Data provided section start
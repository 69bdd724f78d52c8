// The kinds of bodies, as types: a checked body says by its type what it describes.
ghost use Rattle.delivery.specs.declared.kinds.Kind.{Kind as KindOf};
ghost use Rattle.delivery.specs.declared.kinds.Kind.TheVariants.{Road, Alias, Point, RoadRetirement, PointRetirement};

use delivery::Kind;

/// A type that stands for a kind of body.
pub trait BodyKind {
    ghost KIND: { KindOf };

    /// The kind that a table of contents lists the body by.
    const KIND: Kind;
}

/// A road: its name, what each side holds, and its lifetime.
#[derive(Clone, Copy, Debug, PartialEq, Eq)]
pub struct RoadBody;

/// Another name of a road.
#[derive(Clone, Copy, Debug, PartialEq, Eq)]
pub struct AliasBody;

/// An address point: its place on a road, and its lifetime.
#[derive(Clone, Copy, Debug, PartialEq, Eq)]
pub struct PointBody;

/// That a road ends, and when.
#[derive(Clone, Copy, Debug, PartialEq, Eq)]
pub struct RoadRetirementBody;

/// That an address point ends, and when.
#[derive(Clone, Copy, Debug, PartialEq, Eq)]
pub struct PointRetirementBody;

impl BodyKind for RoadBody {
    ghost KIND = { Road };

    const KIND: Kind = Kind::Road;
}

impl BodyKind for AliasBody {
    ghost KIND = { Alias };

    const KIND: Kind = Kind::Alias;
}

impl BodyKind for PointBody {
    ghost KIND = { Point };

    const KIND: Kind = Kind::Point;
}

impl BodyKind for RoadRetirementBody {
    ghost KIND = { RoadRetirement };

    const KIND: Kind = Kind::RoadRetirement;
}

impl BodyKind for PointRetirementBody {
    ghost KIND = { PointRetirement };

    const KIND: Kind = Kind::PointRetirement;
}
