// Finding a field of a body by its number, and whether a body is whole.
ghost use Rattle.std.specs.Prelude.{◌≡◌};
ghost use Rattle.std.specs.Option.{option_map};
ghost use Rattle.std.specs.Result.{result_err, result_map_both};
ghost use Rattle.delivery.specs.Opened.{body_part};
ghost use Rattle.delivery.specs.Fields.{field_part, place_in};
ghost use Rattle.record.specs.Bodies.{field_of, field_start, field_text, broken_at};
ghost use Rattle.record.specs.declared.refusals.BodyRefusal.TheVariants.{Broken};

use crate::BodyRefusal;
use delivery::{Body, Field, FieldPastEnd, FieldReader};

/// A field by its number, from 0. Fails where the walk to it, or it, passes the body's end.
#[tactic(auto, using(crate::proofs::Walks::start_first))]
pub(crate) fn field_at(body: Body<'_>, index: usize) -> Result<Field<'_>, FieldPastEnd>
    ensures { result_map_both field_part (λ past. past.place) result ≡ field_of (body_part body.entry) index }
{
    let mut reader = FieldReader::new(body);
    for _ in 0..index {
        reader.field()?;
    }
    reader.field()
}

/// The text of a field; empty where the body has no such field.
pub(crate) fn text_at(body: Body<'_>, index: usize) -> &[u8]
    ensures { result.now ≡ field_text body.entry.bytes.now index }
{
    match field_at(body, index) {
        Ok(field) => field.bytes,
        Err(_) => b"",
    }
}

/// The place of a field's length byte, or of the one that the walk does not pass.
pub(crate) fn place_at(body: Body, index: usize) -> usize
    ensures { result ≡ place_in (body_part body.entry) (field_start body.entry.bytes.now index) }
{
    match field_at(body, index) {
        Ok(field) => field.place,
        Err(past) => past.place,
    }
}

/// Refuses a body that is not so many fields and nothing else.
#[tactic(auto, using(crate::proofs::Walks::ends))]
pub(crate) fn check_whole(body: Body, count: usize) -> Result<(), BodyRefusal>
    ensures { result_err result ≡ option_map Broken (broken_at (body_part body.entry) 0 count) }
{
    let mut reader = FieldReader::new(body);
    for _ in 0..count {
        reader.field()?;
    }
    match reader.left_over() {
        Some(place) => Err(BodyRefusal::Broken(place)),
        None => Ok(()),
    }
}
Data provided section end
▶ Exercise directions
All of the material above needs repeating. Keep it exact.

▶ Response below
repository 69bdd724f78d52c8
// The kinds of bodies, as types: a checked body says by its type what it describes.
ghost use Rattle.delivery.specs.declared.kinds.Kind.{Kind as KindOf};
ghost use Rattle.delivery.specs.declared.kinds.Kind.TheVariants.{Road, Alias, Point, RoadRetirement, PointRetirement};

use delivery::Kind;

/// A type that stands for a kind of body.
pub trait BodyKind {
    ghost KIND: { KindOf };

    /// The kind that a table of contents lists the body by.
    const KIND: Kind;
}

/// A road: its name, what each side holds, and its lifetime.
#[derive(Clone, Copy, Debug, PartialEq, Eq)]
pub struct RoadBody;

/// Another name of a road.
#[derive(Clone, Copy, Debug, PartialEq, Eq)]
pub struct AliasBody;

/// An address point: its place on a road, and its lifetime.
#[derive(Clone, Copy, Debug, PartialEq, Eq)]
pub struct PointBody;

/// That a road ends, and when.
#[derive(Clone, Copy, Debug, PartialEq, Eq)]
pub struct RoadRetirementBody;

/// That an address point ends, and when.
#[derive(Clone, Copy, Debug, PartialEq, Eq)]
pub struct PointRetirementBody;

impl BodyKind for RoadBody {
    ghost KIND = { Road };

    const KIND: Kind = Kind::Road;
}

impl BodyKind for AliasBody {
    ghost KIND = { Alias };

    const KIND: Kind = Kind::Alias;
}

impl BodyKind for PointBody {
    ghost KIND = { Point };

    const KIND: Kind = Kind::Point;
}

impl BodyKind for RoadRetirementBody {
    ghost KIND = { RoadRetirement };

    const KIND: Kind = Kind::RoadRetirement;
}

impl BodyKind for PointRetirementBody {
    ghost KIND = { PointRetirement };

    const KIND: Kind = Kind::PointRetirement;
}
// Finding a field of a body by its number, and whether a body is whole.
ghost use Rattle.std.specs.Prelude.{◌≡◌};
ghost use Rattle.std.specs.Option.{option_map};
ghost use Rattle.std.specs.Result.{result_err, result_map_both};
ghost use Rattle.delivery.specs.Opened.{body_part};
ghost use Rattle.delivery.specs.Fields.{field_part, place_in};
ghost use Rattle.record.specs.Bodies.{field_of, field_start, field_text, broken_at};
ghost use Rattle.record.specs.declared.refusals.BodyRefusal.TheVariants.{Broken};

use crate::BodyRefusal;
use delivery::{Body, Field, FieldPastEnd, FieldReader};

/// A field by its number, from 0. Fails where the walk to it, or it, passes the body's end.
#[tactic(auto, using(crate::proofs::Walks::start_first))]
pub(crate) fn field_at(body: Body<'_>, index: usize) -> Result<Field<'_>, FieldPastEnd>
    ensures { result_map_both field_part (λ past. past.place) result ≡ field_of (body_part body.entry) index }
{
    let mut reader = FieldReader::new(body);
    for _ in 0..index {
        reader.field()?;
    }
    reader.field()
}

/// The text of a field; empty where the body has no such field.
pub(crate) fn text_at(body: Body<'_>, index: usize) -> &[u8]
    ensures { result.now ≡ field_text body.entry.bytes.now index }
{
    match field_at(body, index) {
        Ok(field) => field.bytes,
        Err(_) => b"",
    }
}

/// The place of a field's length byte, or of the one that the walk does not pass.
pub(crate) fn place_at(body: Body, index: usize) -> usize
    ensures { result ≡ place_in (body_part body.entry) (field_start body.entry.bytes.now index) }
{
    match field_at(body, index) {
        Ok(field) => field.place,
        Err(past) => past.place,
    }
}

/// Refuses a body that is not so many fields and nothing else.
#[tactic(auto, using(crate::proofs::Walks::ends))]
pub(crate) fn check_whole(body: Body, count: usize) -> Result<(), BodyRefusal>
    ensures { result_err result ≡ option_map Broken (broken_at (body_part body.entry) 0 count) }
{
    let mut reader = FieldReader::new(body);
    for _ in 0..count {
        reader.field()?;
    }
    match reader.left_over() {
        Some(place) => Err(BodyRefusal::Broken(place)),
        None => Ok(()),
    }
}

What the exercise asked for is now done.